Each entry below is to be copied out exactly and in full.

[DATA FOR PROCESSING — start]

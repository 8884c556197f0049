// How a facet's fault is shown.
ghost use Rattle.std.specs.Prelude.{Some, ◌++◌, codes, decimal};
ghost use Rattle.facet.specs.Faults.{number_of, meaning_of};

use facet::FacetFault;
use std::fmt;

// A fault with the number of its refusal.
#[derive(Clone, Copy, Debug)]
pub struct Refusal(pub FacetFault);

impl fmt::Display for Refusal {
    ghost output = { λ r. Some (codes "refusal " ++ decimal (number_of r.0) ++ codes ", " ++ meaning_of r.0) };

    fn fmt<W: fmt::Write>(&self, f: &mut fmt::Formatter<W>) -> fmt::Result {
        let fault = self.0;
        let number = fault.number();
        write!(f, "refusal {number}, {fault}")
    }
}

[DATA FOR PROCESSING — finish]

- _ANSWER TO THIS PROBLEM_
repository 8884c556197f0049
// How a facet's fault is shown.
ghost use Rattle.std.specs.Prelude.{Some, ◌++◌, codes, decimal};
ghost use Rattle.facet.specs.Faults.{number_of, meaning_of};

use facet::FacetFault;
use std::fmt;

// A fault with the number of its refusal.
#[derive(Clone, Copy, Debug)]
pub struct Refusal(pub FacetFault);

impl fmt::Display for Refusal {
    ghost output = { λ r. Some (codes "refusal " ++ decimal (number_of r.0) ++ codes ", " ++ meaning_of r.0) };

    fn fmt<W: fmt::Write>(&self, f: &mut fmt::Formatter<W>) -> fmt::Result {
        let fault = self.0;
        let number = fault.number();
        write!(f, "refusal {number}, {fault}")
    }
}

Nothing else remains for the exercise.